Data completeness in the assurance of overall data quality
Earlier on, the phrase data quality was often connected with how “clean” or “dirty” a particular dataset was. Quality was quantified by how many wrong, incorrectly formatted, or absent values where there in a specific dataset. A primary component of data prep was data cleansing to enhance the quality of data.
Over the course of time, the meaning of data quality has undergone expansion to factor in extra traits, such as consistency, recency (how updated data is), and reliability. When associated to data governance, data sets used to be labels with “trusted” flags to denote high quality, and at times data quality scoring would be leveraged.
Lately, the phrases data usefulness and data completeness have been factored into the data quality mix. A lot of people say that data completeness is datasets that possess none or a restricted number of absent values. This pinpoints back towards the activity of data cleaning.
We need to strive for a deeper meaning when we define data completeness. Data completeness is datasets that have all the required information to efficiently delve into and resolve an analytical matter in-depth, with complete context, and from all perspectives. This definition hinges more on how data sets can enhance analytics precision and depth. In the present market economy, every enterprise is required to delve into each detail in their analytics to make accurate and correct decisions.
Data completeness, in essence, is data done correctly.
The first stage in forging improved data completeness is to stimulate collaboration between your data engineering team and the analytics society. This does not mean social visits, but instead enabling them to collaborate with each other in an interactive fashion on their data pipelines to make sure that analytics specifications are met.
Three critical data pipeline platform capacities can bestow massive utility to both data completeness and usefulness; collaboration, reuse, and extensibility. Both by themselves and in conjunction, the functionalities assist DataOps processes enhance the production quickness, output volumes, breadth, and quality of analytics.
Data Enrichment
Data enrichment is of critical importance yet often glossed over facet of data pipeline design. It is typically glossed over as several data pipeline utilities provided restricted data enrichment capacities. Data enrichment features and functionalities are critical to obtaining a high degree of data completeness. Enrichment is additionally a sphere where collaboration and extensibility are factored in by enabling analysts and data scientists the capability to enhance data in a self-service fashion.
Take the example of a customer is title insurance, mortgage-connected services, property, had highly complicated and disparate datasets consisting of data coming from services partnerships. The diversity inherent to the data needed a large input of coding to normalize, improve, and categorize data for analytics. The need of the hour for this client is to eradicate their reliance on time-consuming, manual SQL code, and leverage data science tools for data engineering teams to normalize and categorize data; on the other hand, researchers improve data to their particular analytics requirements.
Data Aggregation and organization
Making datasets ready for consumption and analytics-ready usually needs the data to be depicted in aggregated views or organized in some other fashion. This enables data to be more easily interpreted in their context and summarized. This is a sphere often glossed over as a majority of data pipeline utilities, as well as for analytics tools, only furnish simplistic means to aggregate information, forcing researchers to author complicated SQL.

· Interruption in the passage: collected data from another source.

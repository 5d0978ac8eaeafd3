//! What follows from the definitions alone. The functions do nothing: what they say is in their contracts.

ghost use Rattle.std.specs.Prelude.{List};
ghost use Rattle.ioa_value.specs.Actions.{Act};
ghost use Rattle.ioa_compile.specs.Programs.{Prog};
ghost use Rattle.ioa_serving.specs.Carried.{ChartsAsSource, GraphsAsSource, HistoriesAsSource, LogsListsAsSource, LogsLogsAsSource, MonitorsAsSource, OneComposition, RefusesAsSource, ReplaysAsSource, ReplaysLogsAsSource, RunsAsSource, TakesTurnsAsSource};
ghost use Rattle.ioa_serving.specs.Cuts.{CutsLists, CutsLogs, KeepsShortLogs};
ghost use Rattle.ioa_serving.specs.Delivering.{HistoriesDeliver, ObjectsDeliver};
ghost use Rattle.ioa_serving.specs.Objects.{ObjectsTellActions};
ghost use Rattle.ioa_serving.specs.RunReports.{SilenceMeans};
ghost use Rattle.ioa_serving.specs.Strict.{AgreesWithMonitor};

/// From the bytes of an object to the trace: the program that is read of an object is the one that was compiled, so what is written by an
/// object that was compiled of a source is what the source's hosts do. So it is of each list, of each log, of the log of a list's run, of a log that is
/// written again, of the chart of a log, of the graph, and of a monitor's answer.
pub fn objects_do_as_their_sources()
    ensures lists { ReplaysAsSource }
    ensures logs { ReplaysLogsAsSource }
    ensures list_logs { LogsListsAsSource }
    ensures log_logs { LogsLogsAsSource }
    ensures charts { ChartsAsSource }
    ensures graphs { GraphsAsSource }
    ensures monitors { MonitorsAsSource }
{}

/// What is taken of a list up to an action has the list's first actions. What is taken of a log has its first entries, and is done after them; of a log
/// that has fewer it is the log.
pub fn cuts_are_beginnings()
    ensures lists { CutsLists }
    ensures logs { CutsLogs }
    ensures short { KeepsShortLogs }
{}

/// In every history of the compiled form of Stenning's protocol, by its source or by an object, whatever the schedule, the words and the script,
/// with channels that lose, duplicate and reorder and hosts that crash and recover, the delivered messages are a beginning of the sent ones. A history is
/// whatever a run leads to, or any number of runs of which each goes on from the log of the one before. Nothing is said of whether a message is delivered.
pub fn stenning_delivers()
    ensures histories { HistoriesDeliver }
    ensures objects { ObjectsDeliver }
{}

/// A text declares one composition of each name: its hosts, with their automata, arguments and start values.
pub fn one_composition()
    ensures { OneComposition }
{}

/// Runs by an object that was compiled of a source are those of the source's composition: the same histories, with the same fault, and in slots
/// that hold the hosts' states; the same logs, ends, reports and texts of these, also where memory is refused to a worker; and on one thread, by
/// the same words, the same turns. So it is from whatever log they go on; and the logs from which the one does not go on the other refuses alike.
pub fn objects_run_as_their_sources()
    ensures histories { HistoriesAsSource }
    ensures runs { RunsAsSource }
    ensures turns { TakesTurnsAsSource }
    ensures refusals { RefusesAsSource }
{}

/// Where of no worker it is told that memory was refused to it, it was refused to none; so where no fault ends the run each worker has had
/// all its turns. And where it was refused to none, of none it is told.
pub fn silent_runs_lack_no_memory()
    ensures { SilenceMeans }
{}

/// A monitor that is asked strictly answers what a monitor does, where each action that has a name of the specification's is one of its actions, and one has
/// such a name.
pub fn strict_answers_agree()
    ensures { (p : Prog) (acts : List Act) → AgreesWithMonitor p acts }
{}

/// A replay that is told in JSON objects tells what its text does: an object for each action of the trace, with the action as it is written, and then one with the
/// end.
pub fn objects_tell_actions()
    ensures { ObjectsTellActions }
{}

A leader in market research and client trends, as an organization, records massive volumes of client purchase and behavior information, organizes and runs it through analysis methods. It then provides data and analytics to their various consumer goods and retail customers. The analytics provided feature diversity with unique requirements. The organization leverages the diverse set functionalities provided by Data Science software using the windowing, sessionization, and grouping functionalities to categorize the data, then bucket and aggregate it leveraging complex dimensions for more detailed understanding.
Data Science
A majority of machine learning and AI frameworks need data to be encoded and input in very particular formats. A small amount of data pipeline tools provide particular functionalities to shape and organize your data especially for data science analytics. With no particular formulae for data science encoding, readying data for AI and ML can be very cumbersome and time-intensive.
One of the biggest multinational pharma companies in Asia has large volume, complicated, and unique datasets that drive their data science projects and operational models. The data science undertakings need broad and in-depth datasets that have improved and encoded columns particular to the framework.
Prior to leveraging Data Science software, the data was enriched, blended, and encoded by coding on their data science references – a time-intensive and error-fraught procedure with restricted reuse and opertionalization. With Data Science software, the organization now has the capability in organizing, enriching, and encoding the data within their data pipelines in a reduced time with no coding leveraging the rich set of functions in the software.
Conclusion
These are just a few real-life examples of how various enterprises are leveraging Data Science in maximizing data completeness, making their datasets more viable to their analytics societies, and drive increasingly efficient decision making.
Individually, the previously mentioned capacities make datasets more viable and complete to make data engineering quicker and simpler for particular use cases. As a suite of functionalities, a wider array of use cases can be encompassed leveraging a singular data pipeline platform – obtaining improved ROI from your data engineering efforts and enhancing the cumulative ROI from analytics efforts.